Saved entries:
========

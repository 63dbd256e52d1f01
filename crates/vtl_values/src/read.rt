// Values from texts.
ghost use Rattle.std.specs.Prelude.{◌≡◌, ◌≤◌, ◌<◌, ◌^◌, ◌↔◌, ℕ, ◌++◌, chars, replicate, take, position, IsTrue, SomeIff, IfOk, IfSome, is_some, Ok, Err, None, Some, if◌then◌else◌};
ghost use Rattle.std.specs.List.{before_first, after_first, list_all, list_any};
ghost use Rattle.std.specs.Char.{is_ascii_digit};
ghost use Rattle.std.specs.Option.{option_copied};
ghost use Rattle.std.specs.Str.Parse.{digits_value};
ghost use Rattle.vtl_values.specs.Ranges.{MOST_INTEGER, MOST_MILLIONTHS};
ghost use Rattle.vtl_values.specs.declared.read.BadText.{BadText as FaultOfText};
ghost use Rattle.vtl_values.specs.Numerals.{MINUS, ZERO, begins_with, without_first, is_digits, is_point, is_number, whole_of, decimals_of, is_too_fine, millionths_of, integer_of, number_of};
ghost use Rattle.vtl_values.specs.Texts.{BACKSLASH, truth_of, value_of};

use crate::kind::Kind;
use crate::number::{Decimal, Integer};
use crate::value::Value;
use crate::word::Word;
use std::alloc::{AllocError, Global};

/// Why a text is no value of its kind.
#[derive(Clone, Copy, Debug, PartialEq, Eq)]
pub enum BadText {
    NotANumber,
    /// A digit other than 0 stands after the sixth decimal.
    TooFine,
    OutOfRange,
    NotATruth,
    NotAnInteger,
}

/// Why a text wasn't read.
#[derive(Clone, Copy, Debug, PartialEq, Eq)]
pub enum ReadStop {
    Bad(BadText),
    Memory,
}

impl From<BadText> for ReadStop {
    ghost use Rattle.std.specs.Prelude.{◌≡◌};
    ghost use Rattle.vtl_values.specs.declared.read.ReadStop.{ReadStop};

    ghost from_gives = { λ fault stop. stop ≡ ReadStop.Bad fault };

    fn from(fault: BadText) -> Self {
        ReadStop::Bad(fault)
    }
}

impl From<AllocError> for ReadStop {
    ghost use Rattle.std.specs.Prelude.{◌≡◌};
    ghost use Rattle.vtl_values.specs.declared.read.ReadStop.{ReadStop};

    ghost from_gives = { λ error stop. stop ≡ ReadStop.Memory };

    fn from(error: AllocError) -> Self {
        ReadStop::Memory
    }
}

/// The value that a field of this kind means. Only a text wants memory.
pub fn read_value(alloc: Global, kind: Kind, text: &str) -> Result<Value, ReadStop>
    ensures ok { IfOk result (λ value. value_of kind (chars text.now) ≡ Ok value) }
    ensures bad { (fault : FaultOfText) → (result ≡ Err (ReadStop.Bad fault)) ↔ (value_of kind (chars text.now) ≡ Err fault) }
    ensures memory { result ≡ Err ReadStop.Memory → kind ≡ Kind.Text }
{
    if text.is_empty() {
        return Ok(Value::Null);
    }
    match kind {
        Kind::Integer => Ok(Value::Integer(read_integer(text.as_bytes())?)),
        Kind::Number => Ok(Value::Number(read_number(text.as_bytes())?)),
        Kind::Truth => Ok(Value::Truth(read_truth(text.as_bytes())?)),
        Kind::Text => Ok(Value::Text(Word::from_str(alloc, without_backslash(text))?)),
    }
}

fn without_backslash(text: &str) -> &str
    ensures { chars result.now ≡ without_first BACKSLASH (chars text.now) }
{
    text.strip_prefix('\\').unwrap_or(text)
}

fn read_truth(text: &[u8]) -> Result<bool, BadText>
    ensures { result ≡ truth_of text.now }
{
    match text {
        b"true" | b"1" => Ok(true),
        b"false" | b"0" => Ok(false),
        _ => Err(BadText::NotATruth),
    }
}

fn read_integer(text: &[u8]) -> Result<Integer, BadText>
    ensures { result ≡ integer_of text.now }
{
    let (negative, digits) = split_sign(text);
    if !is_digits(digits) {
        return Err(BadText::NotAnInteger);
    }
    let magnitude = digits_up_to(digits, Integer::MOST).ok_or(BadText::OutOfRange)? as i64;
    Ok(Integer {
        value: if negative { -magnitude } else { magnitude },
    })
}

fn read_number(text: &[u8]) -> Result<Decimal, BadText>
    ensures { result ≡ number_of text.now }
{
    let written = written_number(text).ok_or(BadText::NotANumber)?;
    if is_too_fine(written.decimals) {
        return Err(BadText::TooFine);
    }
    let magnitude = millionths(written.whole, written.decimals).ok_or(BadText::OutOfRange)? as i128;
    Ok(Decimal {
        millionths: if written.negative {
            -magnitude
        } else {
            magnitude
        },
    })
}

/// A number as it is written: its sign, the digits before the point, and those after it.
#[derive(Clone, Copy)]
struct Written<'a> {
    negative: bool,
    whole: &'a [u8],
    decimals: &'a [u8],
}

fn written_number(text: &[u8]) -> Option<Written<'_>>
    ensures found { is_some result ≡ is_number text.now }
    ensures negative { IfSome result (λ n. n.negative ≡ begins_with MINUS text.now) }
    ensures whole { IfSome result (λ n. n.whole.now ≡ whole_of text.now) }
    ensures decimals { IfSome result (λ n. n.decimals.now ≡ decimals_of text.now) }
{
    let (negative, digits) = split_sign(text);
    let (whole, decimals) = split_point(digits);
    if !is_digits(whole) {
        return None;
    }
    match decimals {
        None => Some(Written {
            negative,
            whole,
            decimals: &[],
        }),
        Some(decimals) if is_digits(decimals) => Some(Written {
            negative,
            whole,
            decimals,
        }),
        Some(_) => None,
    }
}

fn split_sign(text: &[u8]) -> (bool, &[u8])
    ensures negative { result.0 ≡ begins_with MINUS text.now }
    ensures digits { result.1.now ≡ without_first MINUS text.now }
{
    match text {
        [b'-', digits @ ..] => (true, digits),
        _ => (false, text),
    }
}

fn split_point(text: &[u8]) -> (&[u8], Option<&[u8]>)
    ensures whole { result.0.now ≡ before_first is_point text.now }
    ensures pointed { is_some result.1 ≡ list_any is_point text.now }
    ensures decimals { IfSome result.1 (λ decimals. decimals.now ≡ after_first is_point text.now) }
{
    match point_at(text) {
        Some(at) => (&text[..at], Some(&text[at + 1..])),
        None => (text, None),
    }
}

fn point_at(text: &[u8]) -> Option<usize>
    ensures { result ≡ position is_point text.now }
{
    text.iter().position(|b| *b == b'.')
}

fn is_digits(text: &[u8]) -> bool
    ensures { result ≡ is_digits text.now }
{
    !text.is_empty() && all_digits(text)
}

fn all_digits(text: &[u8]) -> bool
    ensures { result ≡ list_all is_ascii_digit text.now }
{
    text.iter().all(|b| b.is_ascii_digit())
}

fn is_too_fine(decimals: &[u8]) -> bool
    ensures { result ≡ is_too_fine decimals.now }
{
    decimals.iter().skip(6).any(|b| *b != b'0')
}

/// The millionths that the digits mean, unless they pass the largest number.
fn millionths(whole: &[u8], decimals: &[u8]) -> Option<u128>
    requires whole { IsTrue (list_all is_ascii_digit whole.now) }
    requires decimals { IsTrue (list_all is_ascii_digit decimals.now) }
    ensures { SomeIff result (millionths_of whole.now decimals.now ≤ MOST_MILLIONTHS) (millionths_of whole.now decimals.now) }
{
    let whole = digits_up_to(whole, 1_000_000_000_000_000)?;
    let millionths = u128::from(whole) * 1_000_000 + u128::from(first_six(decimals));
    (millionths <= Decimal::MOST).then_some(millionths)
}

/// The number that the first six decimals spell, filled up with zeros.
fn first_six(decimals: &[u8]) -> u32
    requires { IsTrue (list_all is_ascii_digit decimals.now) }
    ensures value { result ≡ digits_value 10 (take 6 (decimals.now ++ replicate 6 ZERO)) }
    ensures below { result < 10 ^ 6 }
{
    let mut value = 0;
    for place in 0..6 {
        let digit = decimals.get(place).copied().unwrap_or(b'0');
        value = value * 10 + u32::from(digit - b'0');
    }
    value
}

/// The number that the digits spell, unless it is larger than `most`.
fn digits_up_to(digits: &[u8], most: u64) -> Option<u64>
    requires digits { IsTrue (list_all is_ascii_digit digits.now) }
    requires room { most < 10 ^ 18 }
    ensures { SomeIff result (digits_value 10 digits.now ≤ most) (digits_value 10 digits.now) }
{
    let mut value = 0;
    for digit in digits {
        value = value * 10 + u64::from(digit - b'0');
        if value > most {
            return None;
        }
    }
    Some(value)
}
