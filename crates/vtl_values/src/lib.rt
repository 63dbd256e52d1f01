//! Values, and the structures of the data sets that hold them.
//!
//! A value is null, a truth value, an integer, a number or a text, and contracts see it as that: an integer and a
//! number (a whole count of millionths) as a whole number within its range, a text as the list of its characters.
//! Values have one total order. A structure is the list of its components in their order, and structures by name are
//! the list of them in order of insertion. It stands on the kit's `indexmap` and `sqlite_items`.
#![tactic(auto)]

pub mod codes;
pub mod kind;
pub mod laws;
pub mod number;
pub mod place;
pub mod read;
pub mod show;
pub mod structure;
pub mod structures;
pub mod value;
pub mod word;

pub use codes::{CodeList, NewCodes};
pub use kind::{Kind, Role};
pub use number::{Decimal, Integer};
pub use place::Place;
pub use read::{BadText, ReadStop, read_value};
pub use show::{show_value, show_value_in};
pub use structure::{Codes, Component, Structure};
pub use structures::Structures;
pub use value::Value;
pub use word::Word;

========

* [Required action] Give only the lines from the one holding "filename crates/vtl_values/src/lib.rt" through the one holding "integer and a", each restated exactly as it appears above.

* [Result]
filename crates/vtl_values/src/lib.rt
repository 63dbd256e52d1f01
//! Values, and the structures of the data sets that hold them.
//!
//! A value is null, a truth value, an integer, a number or a text, and contracts see it as that: an integer and a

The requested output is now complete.